Она поняла всё и сразу. Но будничная обстановка происходящего, скукотища и серость, витающие в воздухе огромного, как сам полковник, кабинета, не соответствовали ее несчастью, не выводили из оцепенения, в которое она на минуту впала, и не позволяли поверить в реальность услышанного. Она только чувствовала, как сильнее стало пульсировать в висках, как неведомая, давящая, распирающая череп изнутри боль хотела вырваться наружу, но не могла, и это мутило ее сознание, от боли начало тошнить, перед глазами пошли круги, в которые превращались и человек, стоящий перед нею в форме, и большая желтая с орлом пуговица на его мундире; потом круги стали между собой переплетаться и скатываться куда-то в темноту, увлекая за собой и ее…
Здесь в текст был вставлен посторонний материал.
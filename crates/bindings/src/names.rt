//! Numbers of the names of bindings.

ghost use Rattle.std.specs.Prelude.{◌≡◌, ℕ, IfOk, List, Some, string_bytes};
ghost use Rattle.bindings.specs.Kept.{name_number};

use std::alloc::{AllocError, Global};
use std::collections::BTreeMap;

/// A map from names to numbers. A name keeps its number.
#[derive(Debug, Drop)]
pub(crate) struct Names {
    numbers: BTreeMap<String, u64>,
}

impl Names {
    /// Creates a map without names. Takes no memory.
    pub(crate) fn new(alloc: Global) -> Self {
        Names {
            numbers: BTreeMap::new(alloc),
        }
    }

    /// Returns the number of a name, if it has one.
    pub(crate) fn number(&self, name: &str) -> Option<u64>
        ensures { result ≡ name_number self.now name.now }
    {
        self.numbers.get(name).copied()
    }

    /// Returns the number of a name, and assigns one if it has none.
    pub(crate) fn add(&mut self, name: &String) -> Result<u64, AllocError>
        ensures number { IfOk result (λ number. name_number self.new (string_bytes name.now) ≡ Some number) }
        ensures stays { (n : List ℕ) (k : ℕ) → name_number self.old n ≡ Some k → name_number self.new n ≡ Some k }
    {
        if let Some(number) = self.number(name.as_str()) {
            return Ok(number);
        }
        let number = self.numbers.len() as u64;
        let name = name.clone()?;
        self.numbers.insert(name, number)?;
        Ok(number)
    }
}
А Игоря она так и не увидела. Гроб с его телом поставили в одном из залов военкомата. И на второй, и на третий день она продолжала пребывать в полуобморочном состоянии, но не уходила никуда из этого зала и все никак не могла понять, почему ей не показывают ее мальчика, почему упрятали его в деревянные доски и наглухо запаянную жесть. Ей продолжало казаться, что все это происходит вовсе не с нею. Разум противился, не хотел соглашаться с тем, что сделали с ее сыном, не хотел верить, что под слоями дерева и железа находится ее Игорек, ее первенец, а вернее, нечто тленное, аморфное и страшное, что от него осталось. Она вспоминала виденных ею в жизни покойников и никак не могла представить таким же сына. Он казался ей по-прежнему стройным русоволосым юношей, с редким, еще не сбритым пушком над верхней губой, добрыми ласковыми глазами, в которые она любила его целовать, желая спокойной ночи, а он, засыпая, улыбался в ответ. И эта самая дорогая на свете улыбка, выхваченная из прошлого болезненным воображением, словно вспышка молнии в ночи, заставляла ее содрогаться. Оглядываясь вокруг себя, словно ища его в комнате, она видела лишь гроб, тень от гроба, приглушенный свет лампы на столике в углу, и борющихся с дремотой дежурного офицера и врача, приставленных к ней заботливо в эту последнюю перед похоронами ночь. Ее мысли невольно снова и снова, который уж раз за последние трое суток, обращались к Создателю. "Ну почему такое случилось? – спрашивала она. – Почему? Неужели нельзя было сделать так, чтобы он вернулся живой, даже раненый, калека, но живой… Плохо мне будет без него, Господи, только он после смерти мужа понимал меня и согревал душу. Сережа, – тот живет для себя, он стал черствый, совсем отбился от рук. Алексей… сам знаешь… Как жить мне дальше?.. Я так ждала Игоря, так надеялась. Боже. Ты же знаешь, как я его любила. Зачем ты и его отнял у меня? Неужели наказал за то, что любила его сильнее Алексея… Но это же несправедливо…" И она опять представляла себе Игоря живым; он вспоминался таким, каким провожала его в армию, и еще совсем маленьким мальчиком, когда ему было четыре года… Тогда из-за ненастья он не мог пойти на улицу погулять, сидел у окна, по которому стекали капли дождя, и, глядя на нее, грустно-обреченную, у кроватки недавно народившегося Алексея, сказал слова, которые она почему-то всю жизнь помнит, и теперь они вновь пришли ей на память: "Мама, я знаю, почему плачут люди, потому что на улице дождь и им скучно сидеть дома".